Exercise data:
────────

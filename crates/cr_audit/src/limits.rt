//! Numbers and their limits.

ghost use Rattle.std.specs.Prelude.{◌≡◌, ◌+◌, ◌-◌, ◌*◌, ◌<◌, ◌≤◌, ◌^◌, pos, int_lt, ◌≤ℤ◌, ◌↔◌, IsTrue};
ghost use Rattle.cr_model.specs.Queries.{IsWithin};
ghost use Rattle.cr_model.specs.Dead.{above_com, below_com};

use cr_model::Com;

/// Whether a number is above the greatest.
pub fn exceeds(number: u128, greatest: i64) -> bool
    ensures { result ≡ int_lt greatest (pos number) }
{
    greatest < 0 || u128::from(greatest.unsigned_abs()) < number
}

/// Whether a number is below the least.
pub fn falls_short(number: u128, least: i64) -> bool
    ensures { result ≡ int_lt (pos number) least }
{
    0 < least && number < u128::from(least.unsigned_abs())
}

/// Whether a number is no less than the least.
pub fn reaches(number: u128, least: i64) -> bool
    ensures { IsTrue result ↔ (least ≤ℤ pos number) }
{
    least <= 0 || u128::from(least.unsigned_abs()) <= number
}

// Whether a number is no greater than the greatest.
fn stays_below(number: u128, greatest: i64) -> bool
    ensures { IsTrue result ↔ (pos number ≤ℤ greatest) }
{
    greatest >= 0 && number <= u128::from(greatest.unsigned_abs())
}

/// Whether a number is from the least to the greatest.
pub fn is_within(least: i64, greatest: i64, number: u128) -> bool
    ensures { IsTrue result ↔ IsWithin least greatest number }
{
    reaches(number, least) && stays_below(number, greatest)
}

/// Whether a number of changes of method is above the limits, if there are some.
pub fn is_above_com(limits: Option<Com>, number: u128) -> bool
    ensures { result ≡ above_com limits number }
{
    match limits {
        Some(limits) => exceeds(number, limits.max),
        None => false,
    }
}

/// Whether a number of changes of method is below the limits, if there are some.
pub fn is_below_com(limits: Option<Com>, number: u128) -> bool
    ensures { result ≡ below_com limits number }
{
    match limits {
        Some(limits) => falls_short(number, limits.min),
        None => false,
    }
}

/// So many in each of the parts.
pub fn in_parts(parts: u64, number: u128) -> u128
    requires parts { parts ≤ 64 }
    requires few { number < 2 ^ 66 }
    ensures is { result ≡ parts * number }
    ensures few { result < 2 ^ 72 }
{
    u128::from(parts) * number
}

/// So many in each of the parts, and one at each join of two parts.
pub fn with_joins(parts: u64, number: u128) -> u128
    requires parts { parts ≤ 64 }
    requires some { 1 ≤ parts }
    requires few { number < 2 ^ 66 }
    ensures { result ≡ parts * number + parts - 1 }
{
    in_parts(parts, number) + u128::from(parts) - 1
}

────────

What the exercise asks: Wherever a line in the data above holds "least", copy that line.

Solution to the problem:
/// Whether a number is below the least.
pub fn falls_short(number: u128, least: i64) -> bool
    ensures { result ≡ int_lt (pos number) least }
    0 < least && number < u128::from(least.unsigned_abs())
/// Whether a number is no less than the least.
pub fn reaches(number: u128, least: i64) -> bool
    ensures { IsTrue result ↔ (least ≤ℤ pos number) }
    least <= 0 || u128::from(least.unsigned_abs()) <= number
/// Whether a number is from the least to the greatest.
pub fn is_within(least: i64, greatest: i64, number: u128) -> bool
    ensures { IsTrue result ↔ IsWithin least greatest number }
    reaches(number, least) && stays_below(number, greatest)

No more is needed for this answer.